C. Comparison With Baseline Models and Combined Datasets
A comparative analysis of the proposed model over the existing methods used in the five datasets are shown in Table V. The Improvement in the detection performance is mentioned in the last column. It is observed that the proposed model shows consistent performance across all the datasets as well as in the combined dataset. There is approximately 30%, 15%, 25%, 9%, and 20% minimum improvement in CD performance for datasets 1,2,3,4,5. For the assessment of the generalization ability of the proposed model, a combined dataset is prepared with the speech signals in the cough category from datasets 1,2,3,5. In the combined dataset, there is a total of 1528 samples from the healthy category, while 1344 samples are from the COVID-19 positive category. The performance of all four methods is evaluated and the results are listed in Table VI. It is observed that the proposed model shows the highest accuracy of 0.983 over the other three standard models.
The minimum CD performance of the proposed method is approximately 97 % across all sound categories, databases, and CV schemes. The proposed approach has a high true-positive rate and a low false-positive rate, according to the ROC curves. The AUC of the proposed model is 0.99, which is better in comparison to the RF, SVM, and KNN models. The proposed features with the additional preprocessing provide better results compared to standard features and classifiers.

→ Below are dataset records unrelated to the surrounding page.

impl Symbols {
    /// Defines a type operator and its two constants by a theorem's conclusion `f t`, an application: the new type is
    /// the part of the type of `t` in which `f` holds, over the type variables of these names, in their order
    /// (OpenTheory article format, version 6, `defineTypeOp`; HOL Light's kernel, `new_basic_type_definition`). It is
    /// refused with `NameTaken` where `op` is an operator or `abs` or `rep` a constant, or `abs` and `rep` are one name;
    /// else with `NotClosed` where `f` has a free variable; else with `BadTypeVars` where the names repeat or aren't the
    /// type variables of `f`; else with `TooLarge` or `TooDeep` where the new type or one of the constants' types passes
    /// that limit, every size judged before any depth.
    pub fn define_op(
        &mut self,
        table: &mut TermTable,
        op: &Name,
        abs: &Name,
        rep: &Name,
        names: &[Name],
        term: TermId,
    ) -> Result<(), Fault>
        requires known { AreKnownSymbols table.old self.old }
        requires term { IsTermAt table.old term.0 }
        requires application { (f : Term) × ((t : Term) × (term_at table.old term.0 ≡ app f t)) }
        ensures takes { OnOk result ((f t : Term) (c : HolType) → term_at table.old term.0 ≡ app f t → HasType t c →
            symbols_at table.new self.new ≡ symbols_at table.old self.old
            ++ Symbol.defined (Definition.type_operator (named op.now abs.now rep.now names.now) c f) ∷ []) }
        ensures fits { OnOk result ((f t : Term) (c : HolType) → term_at table.old term.0 ≡ app f t → HasType t c →
            option_or (operator_fault (symbols_at table.old self.old) (named op.now abs.now rep.now names.now) f)
            (limit_fault (types_made (named op.now abs.now rep.now names.now) c)) ≡ None) }
        ensures refusal { IfErr result (λ fault. (f t : Term) (c : HolType) → term_at table.old term.0 ≡ app f t → HasType t c →
            Refuses fault (option_or (operator_fault (symbols_at table.old self.old) (named op.now abs.now rep.now names.now) f)
            (limit_fault (types_made (named op.now abs.now rep.now names.now) c)))) }
        ensures unchanged { OnErr result (self.new ≡ self.old) }
        ensures known { AreKnownSymbols table.new self.new }
        ensures keeps { Keeps table.old table.new }
    {
        let (predicate, witness) = application_parts(table, term);
        let whole = table.type_of(witness);
        match self.judge_op(table, op, abs, rep, names, predicate) {
            Ok(()) => {}
            Err(fault) => return Err(fault),
        }
        match within_limits(table.types(), names.len(), whole) {
            Ok(()) => {}
            Err(fault) => return Err(fault),
        }
        let given = NewNames {
            op,
            abs,
            rep,
            variables: names,
        };
        self.take_op(table, given, whole, predicate)?;
        Ok(())
    }

    /// Judges the names and the predicate of the definition of a type operator as `define_op` does, and takes nothing:
    /// for a caller that has more to judge before the limits.
    pub fn judge_op(
        &self,
        table: &TermTable,
        op: &Name,
        abs: &Name,
        rep: &Name,
        names: &[Name],
        predicate: TermId,
    ) -> Result<(), Fault>
        requires known { AreKnownSymbols table.now self.now }
        requires predicate { predicate.0 < length table.now.terms }
        ensures fits { OnOk result (operator_fault (symbols_at table.now self.now)
            (named op.now abs.now rep.now names.now) (term_at table.now predicate.0) ≡ None) }
        ensures refusal { IfErr result (λ fault. Refuses fault (operator_fault (symbols_at table.now self.now)
            (named op.now abs.now rep.now names.now) (term_at table.now predicate.0))) }
    {
        if !self.are_new(op, abs, rep) {
            return Err(Fault::Refused(Kind::NameTaken));
        }
        if !is_closed(table, predicate)? {
            return Err(Fault::Refused(Kind::NotClosed));
        }
        if !are_type_variables(self.alloc, table, names, predicate)? {
            return Err(Fault::Refused(Kind::BadTypeVars));
        }
        Ok(())
    }

    /// Whether `op` is no operator, `abs` and `rep` are no constants and two names.
    pub fn are_new(&self, op: &Name, abs: &Name, rep: &Name) -> bool
        ensures new { (trees : Trees) (names : List AName) → AreKnownSymbols trees self.now →
            result ≡ are_new_names (symbols_at trees self.now) (named op.now abs.now rep.now names) }
    {
        none_of(
            self.is_operator(op),
            self.is_constant(abs),
            self.is_constant(rep),
            abs.same(rep),
        )
    }

    // Takes a type operator and its constants, of which none is taken. The types that it makes are within the limits.
    fn take_op(
        &mut self,
        table: &mut TermTable,
        given: NewNames<'_>,
        whole: TypeId,
        predicate: TermId,
    ) -> Result<(), Memory>
        requires abs { lookup (name_eq given.abs.now) (generics_of self.old) ≡ None }
        requires rep { lookup (name_eq given.rep.now) (generics_of self.old) ≡ None }
        requires apart { name_eq given.rep.now given.abs.now ≡ false }
        requires op { lookup (name_eq given.op.now) (arities_of self.old) ≡ None }
        requires whole { whole.0 < length table.old.types }
        ensures takes { OnOk result
            (TakesOperator table.new.types self.old self.new (named_by given.entry) (type_at table.old whole.0) whole predicate) }
        ensures unchanged { OnErr result (self.new ≡ self.old) }
        ensures keeps { Keeps table.old table.new }
    {
        let types = constant_types(self.alloc, table, given, whole)?;
        self.push_op(TypeOpView {
            op: given.op,
            abs: given.abs,
            rep: given.rep,
            names: given.variables,
            whole,
            predicate,
            abs_type: types.abs,
            rep_type: types.rep,
        })?;
        Ok(())
    }

    // Takes a type operator and its constants, of which none is taken.
    fn push_op(&mut self, definition: TypeOpView) -> Result<(), Memory>
        requires abs { lookup (name_eq definition.abs.now) (generics_of self.old) ≡ None }
        requires rep { lookup (name_eq definition.rep.now) (generics_of self.old) ≡ None }
        requires apart { name_eq definition.rep.now definition.abs.now ≡ false }
        requires op { lookup (name_eq definition.op.now) (arities_of self.old) ≡ None }
        ensures takes { OnOk result (self.new ≡ self.old ++ operator_of_view definition.entry ∷ []) }
        ensures unchanged { OnErr result (self.new ≡ self.old) }
    {
        let count = self.taken.len();
        push_operator(self.alloc, &mut self.taken, definition)?;
        match add_operator(&mut self.generics, &mut self.arities, definition) {
            Ok(()) => Ok(()),
            Err(_) => {
                self.taken.truncate(count);
                Err(Memory)
            }
        }
    }
}
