// A memory in pages of 65,536 bytes.
ghost use Rattle.std.specs.Prelude.{◌≡◌, ◌+◌, ◌*◌, ◌^◌, ◌<◌, ◌≤◌, ◌↔◌, min, IfOk, IfSome, IsSome, IsNone};
ghost use Rattle.std.specs.Prelude.{IsTrue, false, length, vec_capacity, []};
ghost use Rattle.wasm_store.specs.Bytes.{IsWidth, le_bytes, le_number};
ghost use Rattle.wasm_store.specs.Memory.{page_size, most_pages, page_count, fresh, grown, span, written};

use std::alloc::{AllocError, Global};
use std::marker::Model;

const PAGE_SIZE: u32 = 65_536;

const MOST_PAGES: u32 = 256;

/// The bytes of a memory. All that it may grow to is reserved when it is made.
#[derive(Drop)]
pub struct Pages {
    pub(crate) bytes: Vec<u8>,
    limit: u32,
}

impl Model for Pages {
    ghost use Rattle.std.specs.Vec.{vec_len, vec_capacity};
    ghost use Rattle.wasm_store.specs.Memory.{Memory};
    ghost use Rattle.wasm_store.specs.inner.Reserved.{IsReserved};

    ghost Value = { Memory };

    ghost view = { λ p. record { bytes = p.bytes.items; limit = p.limit } };

    ghost invariant = { λ p. IsReserved (vec_len p.bytes) p.limit (vec_capacity p.bytes) };
}

impl Pages {
    /// A memory of `min` pages of zeros that may grow to `max` pages, and to 256 at most.
    pub fn new(alloc: Global, min: u32, max: u32) -> Result<Pages, AllocError>
        requires ordered { min ≤ max }
        requires small { min ≤ most_pages }
        ensures { IfOk result (λ m. m ≡ fresh min max) }
    {
        let (mut bytes, limit) = reserved(alloc, max)?;
        bytes.resize((min * PAGE_SIZE) as usize, 0)?;
        Ok(Pages { bytes, limit })
    }

    /// The size in pages.
    #[inline]
    pub fn size(&self) -> u32
        ensures value { result ≡ page_count self.now }
        ensures whole { result * page_size ≡ length self.now.bytes }
        ensures within { result ≤ self.now.limit }
        ensures limit { self.now.limit ≤ most_pages }
    {
        (self.bytes.len() / PAGE_SIZE as usize) as u32
    }

    /// Adds `by` pages of zeros and answers the size before, or `None` with nothing changed. It takes no
    /// memory.
    pub fn grow(&mut self, by: u32) -> Option<u32>
        ensures range { IsNone result ↔ (self.old.limit < page_count self.old + by) }
        ensures size { IfSome result (λ size. size ≡ page_count self.old) }
        ensures grown { IsSome result → self.new ≡ grown self.old by }
        ensures unchanged { IsNone result → self.new ≡ self.old }
    {
        let size = self.size();
        if self.limit - size < by {
            return None;
        }
        let bytes = ((size + by) * PAGE_SIZE) as usize;
        self.bytes.resize(bytes, 0).unwrap();
        Some(size)
    }

    #[inline]
    fn has_span(&self, at: u64, len: u64) -> bool
        ensures { IsTrue result ↔ (at + len ≤ length self.now.bytes) }
    {
        let size = self.bytes.len() as u64;
        at <= size && len <= size - at
    }

    /// The bytes of a span, or `None` where it passes the end.
    #[inline]
    pub fn read_span(&self, at: u64, len: u64) -> Option<&[u8]>
        ensures range { IsNone result ↔ (length self.now.bytes < at + len) }
        ensures bytes { IfSome result (λ bytes. bytes.now ≡ span self.now at len) }
    {
        if !self.has_span(at, len) {
            return None;
        }
        Some(&self.bytes[at as usize..(at + len) as usize])
    }

    /// The number that the `width` bytes from `at` spell, or `None` where they pass the end.
    #[inline]
    pub fn load(&self, at: u64, width: u8) -> Option<u64>
        requires { IsWidth width }
        ensures range { IsNone result ↔ (length self.now.bytes < at + width) }
        ensures value { IfSome result (λ value. value ≡ le_number (span self.now at width)) }
        ensures narrow { IfSome result (λ value. value < 2 ^ (8 * width)) }
    {
        let bytes = self.read_span(at, u64::from(width))?;
        Some(match width {
            1 => u64::from(bytes[0]),
            2 => u64::from(u16::from_le_bytes([bytes[0], bytes[1]])),
            4 => u64::from(u32::from_le_bytes([bytes[0], bytes[1], bytes[2], bytes[3]])),
            _ => number_of(bytes),
        })
    }

    /// Writes the bytes from `at`, and answers whether they are within the end. Nothing is changed where they
    /// pass it.
    #[inline]
    pub fn write_span(&mut self, at: u64, bytes: &[u8]) -> bool
        ensures range { IsTrue result ↔ (at + length bytes.now ≤ length self.old.bytes) }
        ensures written { IsTrue result → self.new ≡ written self.old at bytes.now }
        ensures unchanged { result ≡ false → self.new ≡ self.old }
    {
        let len = bytes.len() as u64;
        if !self.has_span(at, len) {
            return false;
        }
        self.bytes[at as usize..(at + len) as usize].copy_from_slice(bytes);
        true
    }

    /// Writes the lowest `width` bytes of `value` from `at`, and answers whether they are within the end.
    /// Nothing is changed where they pass it.
    #[inline]
    pub fn store(&mut self, at: u64, width: u8, value: u64) -> bool
        requires { IsWidth width }
        ensures range { IsTrue result ↔ (at + width ≤ length self.old.bytes) }
        ensures written { IsTrue result → self.new ≡ written self.old at (le_bytes width value) }
        ensures unchanged { result ≡ false → self.new ≡ self.old }
    {
        let bytes = value.to_le_bytes();
        match width {
            1 => self.write_span(at, &bytes[..1]),
            2 => self.write_span(at, &bytes[..2]),
            4 => self.write_span(at, &bytes[..4]),
            _ => self.write_span(at, &bytes),
        }
    }
}

/// No bytes yet, with room for those of the pages that a memory may grow to and no more, and how many
/// pages these are.
fn reserved(alloc: Global, max: u32) -> Result<(Vec<u8>, u32), AllocError>
    ensures empty { IfOk result (λ made. made.0.items ≡ []) }
    ensures limit { IfOk result (λ made. made.1 ≡ min max most_pages) }
    ensures room { IfOk result (λ made. vec_capacity made.0 ≡ made.1 * page_size) }
{
    let limit = max.min(MOST_PAGES);
    let bytes = Vec::with_capacity(alloc, (limit * PAGE_SIZE) as usize)?;
    Ok((bytes, limit))
}

/// The number that 8 bytes spell.
#[inline]
fn number_of(bytes: &[u8]) -> u64
    requires { length bytes.now ≡ 8 }
    ensures { result ≡ le_number bytes.now }
{
    u64::from_le_bytes([
        bytes[0], bytes[1], bytes[2], bytes[3], bytes[4], bytes[5], bytes[6], bytes[7],
    ])
}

D. Statistical Analysis of Classifier Models
The statistical analysis of the comparison of the performance of the LGM model with the standard machine learning-based models SVM, RF, and KNN over five datasets is listed in Table VII. For this purpose, the t-statistic value between the two classifiers is computed as mentioned in (7).
\begin{align*}
\begin{array}{l}t= \frac{c_{1}-c_{2}}{\sqrt{v_{1}^{2}+v_{2}^{2}}}\end{array} \tag{7}
\end{align*}
Conclusion
In the current study, a non-invasive and effective respiratory disease detection scheme is developed and tested for COVID-19 and Asthma. The major contributions of the investigation are the use of improved preprocessing techniques, an effective combination of spectral, cepstral, and periodicity features along with the implementation of gradient boosting machines for robust and consistent performance across multiple datasets. The proposed model can be used for early and fast automatic diagnosis of COVID-19 without the subject visiting a hospital as well as without the assistance of a medical professional. However, it is suggested that the detection scheme by the use of the proposed intelligent model can be verified by the medical professional before a prescription is initiated. It may be noted that the proposed detection scheme involves more computations and training time. There is still room to improve the method's computing complexity for faster implementations. The effective preprocessing techniques, as well as the combination of audio features can be further implemented and tested for other speech recognition tasks including emotion recognition, Parkinson's disease, and heart disease detection.
ACKNOWLEDGMENT
The authors express their gratitude to Professor Cecilia Mascolo, Department of Computer Science and Technology and Chancellor, Master, and Scholar of the University of Cambridge for sharing the speech database of COVID-19 [10].